Task to complete:
The line containing "filename crates/embed_c/src/viewer_changed.rt" marks the end: quote every line from the start of the records below through it, word for word.

Data records START

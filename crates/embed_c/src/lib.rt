//! Worlds, hosts, viewers and logs for C: an opaque handle for each, and a function for each thing
//! to do with it. include/x3d.h declares them.
//!
//! The functions of a world are in `open`, `inputs`, `scripts`, `shots`, `texts`, `lists`,
//! `changed` and `asks`. Those of a host are in `host` and `lasting`, and those of a viewer in
//! `viewer`, `joining`, `viewer_texts`, `viewer_lists`, `viewer_changed` and `viewer_asks`.
//! `routes` and `forgetting` have a call of a world and one of a viewer each. Those of a log in a
//! file are in `logs`. `datagram` reads a datagram, and `parts` makes the part of a text.
#![tactic(auto)]

mod asks;
mod changed;
mod datagram;
mod forgetting;
mod host;
mod inputs;
mod joining;
mod lasting;
mod lists;
mod logs;
mod open;
mod parts;
mod routes;
mod scripts;
mod shots;
mod texts;
mod viewer;
mod viewer_asks;
mod viewer_changed;
mod viewer_lists;
mod viewer_texts;
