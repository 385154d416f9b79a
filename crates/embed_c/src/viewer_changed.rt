//! Which fields of a viewer's world were set: they are listed, then copied out.

ghost use Rattle.std.specs.Prelude.{◌≡◌};
ghost use Rattle.share_core.specs.Viewer.{stage_in};
ghost use Rattle.embed_world.specs.Viewers.{ListsChanged};
ghost use Rattle.embed_world.specs.Looks as look;
ghost use Rattle.embed_world.specs.Status.{Calls, Copies, status_of_look};
ghost use Rattle.embed_world.specs.declared.viewer.EmbeddedViewer.{EmbeddedViewer as Embedded};

use embed_handles::ViewerHandle;
use embed_handles::viewer_handle::{put, take};
use embed_world::{CLOSED, Change, copy_changes, status_of_look};
use std::alloc::Global;

/// Lists the fields that inputs after number `since` set, and the numbers of their values.
#[unsafe(no_mangle)]
pub extern "C" fn x3d_viewer_list_changed(
    alloc: Global,
    handle: &mut ViewerHandle,
    since: u64,
) -> u8
    ensures { Calls (λ (v : Embedded). ListsChanged (look.changed_in (stage_in v.viewer) since) v)
        status_of_look handle.old.viewer result handle.new.viewer }
{
    let Some(mut viewer) = take(handle, alloc) else {
        return CLOSED;
    };
    let answer = viewer.list_changed(since);
    put(handle, alloc, viewer);
    status_of_look(answer)
}

/// Copies the fields that were listed last, if `out` has room for them, and writes how many there
/// are to `wanted`.
#[unsafe(no_mangle)]
pub extern "C" fn x3d_viewer_copy_changed(
    alloc: Global,
    handle: &mut ViewerHandle,
    out: &mut [Change],
    wanted: &mut usize,
) -> u8
    ensures kept { handle.new.viewer ≡ handle.old.viewer }
    ensures changes { Copies (λ (v : Embedded). v.changed) handle.old.viewer result out.old
        wanted.old wanted.new out.new }
{
    let Some(viewer) = take(handle, alloc) else {
        return CLOSED;
    };
    let status = copy_changes(out, viewer.changed(), wanted);
    put(handle, alloc, viewer);
    status
}
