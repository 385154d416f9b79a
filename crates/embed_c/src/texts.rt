//! Texts of a world: one is made, then copied out.

ghost use Rattle.std.specs.Prelude.{◌≡◌};
ghost use Rattle.embed_world.specs.Calls.{Makes};
ghost use Rattle.embed_world.specs.Looks as look;
ghost use Rattle.embed_world.specs.Status.{Calls, Copies, status_of_look};
ghost use Rattle.embed_world.specs.declared.world.EmbeddedWorld.{EmbeddedWorld as Embedded};

use embed_handles::WorldHandle;
use embed_handles::world_handle::{put, take};
use embed_world::{CLOSED, copy_text, status_of_look};
use std::alloc::Global;

/// Makes the lines of the trace of inputs from a number on.
#[unsafe(no_mangle)]
pub extern "C" fn x3d_world_make_trace(alloc: Global, handle: &mut WorldHandle, first: u64) -> u8
    ensures { Calls (λ (w : Embedded). Makes (look.trace_from w.stage first) w) status_of_look
        handle.old.world result handle.new.world }
{
    let Some(mut world) = take(handle, alloc) else {
        return CLOSED;
    };
    let answer = world.make_trace(first);
    put(handle, alloc, world);
    status_of_look(answer)
}

/// Makes the same lines with the numbers of nodes and fields.
#[unsafe(no_mangle)]
pub extern "C" fn x3d_world_make_changes(alloc: Global, handle: &mut WorldHandle, first: u64) -> u8
    ensures { Calls (λ (w : Embedded). Makes (look.changes_from w.stage first) w) status_of_look
        handle.old.world result handle.new.world }
{
    let Some(mut world) = take(handle, alloc) else {
        return CLOSED;
    };
    let answer = world.make_changes(first);
    put(handle, alloc, world);
    status_of_look(answer)
}

/// Makes the text of the current scene.
#[unsafe(no_mangle)]
pub extern "C" fn x3d_world_make_scene(alloc: Global, handle: &mut WorldHandle) -> u8
    ensures { Calls (λ (w : Embedded). Makes (look.scene_now w.stage) w) status_of_look
        handle.old.world result handle.new.world }
{
    let Some(mut world) = take(handle, alloc) else {
        return CLOSED;
    };
    let answer = world.make_scene();
    put(handle, alloc, world);
    status_of_look(answer)
}

/// Makes the word for a node's type.
#[unsafe(no_mangle)]
pub extern "C" fn x3d_world_make_type(alloc: Global, handle: &mut WorldHandle, node: u32) -> u8
    ensures { Calls (λ (w : Embedded). Makes (look.type_in w.stage.scene node) w) status_of_look
        handle.old.world result handle.new.world }
{
    let Some(mut world) = take(handle, alloc) else {
        return CLOSED;
    };
    let answer = world.make_type(node);
    put(handle, alloc, world);
    status_of_look(answer)
}

/// Makes the label of a node, which no other node has.
#[unsafe(no_mangle)]
pub extern "C" fn x3d_world_make_label(alloc: Global, handle: &mut WorldHandle, node: u32) -> u8
    ensures { Calls (λ (w : Embedded). Makes (look.label_in w.stage.scene node) w) status_of_look
        handle.old.world result handle.new.world }
{
    let Some(mut world) = take(handle, alloc) else {
        return CLOSED;
    };
    let answer = world.make_label(node);
    put(handle, alloc, world);
    status_of_look(answer)
}

/// Makes the name of a field.
#[unsafe(no_mangle)]
pub extern "C" fn x3d_world_make_field_name(
    alloc: Global,
    handle: &mut WorldHandle,
    node: u32,
    field: u16,
) -> u8
    ensures { Calls (λ (w : Embedded). Makes (look.field_in w.stage.scene node field) w)
        status_of_look handle.old.world result handle.new.world }
{
    let Some(mut world) = take(handle, alloc) else {
        return CLOSED;
    };
    let answer = world.make_field_name(node, field);
    put(handle, alloc, world);
    status_of_look(answer)
}

/// Makes the text of a field's current value.
#[unsafe(no_mangle)]
pub extern "C" fn x3d_world_make_value(
    alloc: Global,
    handle: &mut WorldHandle,
    node: u32,
    field: u16,
) -> u8
    ensures { Calls (λ (w : Embedded). Makes (look.value_in w.stage node field) w) status_of_look
        handle.old.world result handle.new.world }
{
    let Some(mut world) = take(handle, alloc) else {
        return CLOSED;
    };
    let answer = world.make_value(node, field);
    put(handle, alloc, world);
    status_of_look(answer)
}

/// Copies the text or the snapshot that was made last, if `out` has room for it, and writes its
/// number of bytes to `wanted`.
#[unsafe(no_mangle)]
pub extern "C" fn x3d_world_copy_text(
    alloc: Global,
    handle: &mut WorldHandle,
    out: &mut [u8],
    wanted: &mut usize,
) -> u8
    ensures kept { handle.new.world ≡ handle.old.world }
    ensures text { Copies (λ (w : Embedded). w.text.items) handle.old.world result out.old
        wanted.old wanted.new out.new }
{
    let Some(world) = take(handle, alloc) else {
        return CLOSED;
    };
    let status = copy_text(out, world.text(), wanted);
    put(handle, alloc, world);
    status
}
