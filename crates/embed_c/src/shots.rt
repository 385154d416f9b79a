//! A world as bytes, and back.

ghost use Rattle.embed_world.specs.Calls.{Saves};
ghost use Rattle.embed_world.specs.Status.{Calls, status_of_save};
ghost use Rattle.embed_c.specs.Answers.{LoadsAt};
ghost use Rattle.embed_world.specs.declared.world.EmbeddedWorld.{EmbeddedWorld as Embedded};

use embed_handles::WorldHandle;
use embed_handles::world_handle::{put, take};
use embed_world::{CLOSED, DONE, status_of_save, status_of_snap};
use std::alloc::Global;

/// The boot that a snapshot was taken as, and how many inputs its world had applied.
#[derive(Clone, Copy)]
#[repr(C)]
pub struct SavedAs {
    pub applied: u64,
    pub boot: u32,
}

/// Makes the snapshot of the world, taken as this boot. It is copied like a text.
#[unsafe(no_mangle)]
pub extern "C" fn x3d_world_make_snapshot(alloc: Global, handle: &mut WorldHandle, boot: u32) -> u8
    ensures { Calls (λ (w : Embedded). Saves w boot) status_of_save handle.old.world result
        handle.new.world }
{
    let Some(mut world) = take(handle, alloc) else {
        return CLOSED;
    };
    let answer = world.make_snapshot(boot);
    put(handle, alloc, world);
    status_of_save(answer)
}

/// Replaces the world with that of a snapshot of this scene, taken as a boot below `boot`.
#[unsafe(no_mangle)]
pub extern "C" fn x3d_world_load(
    alloc: Global,
    handle: &mut WorldHandle,
    boot: u32,
    bytes: &[u8],
    saved: &mut SavedAs,
) -> u8
    ensures { LoadsAt boot bytes.now handle.old.world result handle.new.world saved.old saved.new }
{
    let Some(mut world) = take(handle, alloc) else {
        return CLOSED;
    };
    let answer = world.load(boot, bytes);
    put(handle, alloc, world);
    match answer {
        Ok(done) => {
            saved.boot = done.boot;
            saved.applied = done.applied;
            DONE
        }
        Err(fault) => status_of_snap(fault),
    }
}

Data records END

Response to the exercise:
filename crates/embed_c/src/lib.rt
//! Worlds, hosts, viewers and logs for C: an opaque handle for each, and a function for each thing
//! to do with it. include/x3d.h declares them.
//!
//! The functions of a world are in `open`, `inputs`, `scripts`, `shots`, `texts`, `lists`,
//! `changed` and `asks`. Those of a host are in `host` and `lasting`, and those of a viewer in
//! `viewer`, `joining`, `viewer_texts`, `viewer_lists`, `viewer_changed` and `viewer_asks`.
//! `routes` and `forgetting` have a call of a world and one of a viewer each. Those of a log in a
//! file are in `logs`. `datagram` reads a datagram, and `parts` makes the part of a text.
#![tactic(auto)]

mod asks;
mod changed;
mod datagram;
mod forgetting;
mod host;
mod inputs;
mod joining;
mod lasting;
mod lists;
mod logs;
mod open;
mod parts;
mod routes;
mod scripts;
mod shots;
mod texts;
mod viewer;
mod viewer_asks;
mod viewer_changed;
mod viewer_lists;
mod viewer_texts;
repository 385154d416f9b79a
filename crates/embed_c/src/viewer_changed.rt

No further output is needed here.